Maternal fish oil supplementation improves metabolic and inflammatory markers in mice overfed during the postnatal period

Isabela Queiroz Perígolo Lopes¹Brenda Loise Monteiro¹Adaliene Versiani Matos Ferreira²Rodrigo Ferreira de Moura¹Janina de Sales Guilarducci¹Estéfany Ribeiro Leão¹Bárbara do Carmo Rodrigues Virote¹Isaac Konig³Isabela Coelho De Castro¹Luis Murgas¹Laura Cristina Jardim Pôrto Pimenta^1*

• ¹Universidade Federal de Lavras, Lavras, Brazil
• ²Universidade Federal de Minas Gerais, Belo Horizonte, Brazil
• ³Universidade Federal de Mato Grosso, Cuiabá, Brazil

Background: Early-life nutrition, especially during gestation and lactation, plays a key role in metabolic programming and can influence the risk of obesity and related disorders in adulthood. This study investigated whether maternal fish oil supplementation, rich in omega-3 polyunsaturated fatty acids, could prevent metabolic and inflammatory changes induced by postnatal overfeeding. Methods: Female mice received fish oil (1 g/kg by oral gavage) during mating, pregnancy, and lactation. The animals were allocated into three groups: Control, Postnatal Overfeeding (PO), and Postnatal Overfeeding + Fish Oil (POFO). Neonatal overfeeding was induced by reducing litter size, and only male offspring were analyzed. In adulthood, body weight, glucose tolerance, lipid profile, serum adipokines, adipose tissue cytokines, and hepatic oxidative stress markers were evaluated.

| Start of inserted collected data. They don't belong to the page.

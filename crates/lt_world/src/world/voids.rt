ghost use Rattle.std.specs.Prelude.{◌≡◌, ◌<◌, ◌++◌, false, length, map, IfSome, OnOk, OnErr};
ghost use Rattle.lt_spec.specs.Holdings.{is_behind_void, waits_behind_void};
ghost use Rattle.lt_spec.specs.Rings.{numbers_below};
ghost use Rattle.lt_world.specs.Fields.{world_of};
ghost use Rattle.lt_world.specs.Waits.{void_in_way, AreBehind};

use super::World;
use lt_modes::Ask;
use std::alloc::AllocError;

// Who waits behind asks that were given up.
impl World {
    /// Adds a mark for each client, in order: whether the client waits behind a void ask of it.
    pub fn push_voids(&self, marks: &mut Vec<bool>, client: u16) -> Result<(), AllocError>
        requires { client < length self.now.script.clients }
        ensures marks { OnOk result (marks.new.items ≡ marks.old.items
            ++ map (waits_behind_void self.now.script (world_of self.now) client) (numbers_below (length self.now.script.clients))) }
        ensures unchanged { OnErr result (marks.new.items ≡ marks.old.items) }
    {
        let ask = self.ask_of(client);
        let behind = self.behind(*marks.allocator(), &ask)?;
        marks.reserve(usize::from(self.script.clients()))?;
        for other in 0..self.script.clients() {
            marks.push_reserved(self.is_behind_void_by_marks(other, &ask, &behind));
        }
        Ok(())
    }

    // Whether the ask, if there is one, waits behind a void one of the other client.
    fn is_behind_void_by_marks(&self, other: u16, ask: &Option<(u32, Ask)>, behind: &[bool]) -> bool
        requires other { other < length self.now.script.clients }
        requires set { IfSome ask.now (λ found. found.0 < length self.now.script.sets) }
        requires behind { IfSome ask.now (λ found. AreBehind self.now found.0 found.1.client behind.now) }
        ensures { result ≡ void_in_way self.now other ask.now }
    {
        match ask {
            Some((set, ask)) => self.is_marked_and_void(*set, other, ask, behind),
            None => false,
        }
    }

    // Whether the ask waits behind one of the other client, and that one is void.
    fn is_marked_and_void(&self, set: u32, other: u16, ask: &Ask, behind: &[bool]) -> bool
        requires set { set < length self.now.script.sets }
        requires other { other < length self.now.script.clients }
        requires behind { AreBehind self.now set ask.now.client behind.now }
        ensures { result ≡ is_behind_void self.now.script (world_of self.now) set other ask.now }
    {
        behind[usize::from(other)] && self.gave_up(set, other)
    }
}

Results: Maternal fish oil supplementation reduced early weight gain and lowered fasting glucose, total cholesterol, and LDL levels, while increasing HDL in overfed offspring. It also decreased serum leptin, resistin, and chemerin levels and reduced hepatic lipid peroxidation, restoring catalase activity. No differences were observed in hepatic triglycerides or superoxide dismutase activity. Conclusion: Maternal fish oil supplementation during critical developmental windows attenuated the metabolic, inflammatory, and oxidative stress alterations induced by postnatal overfeeding in male mice.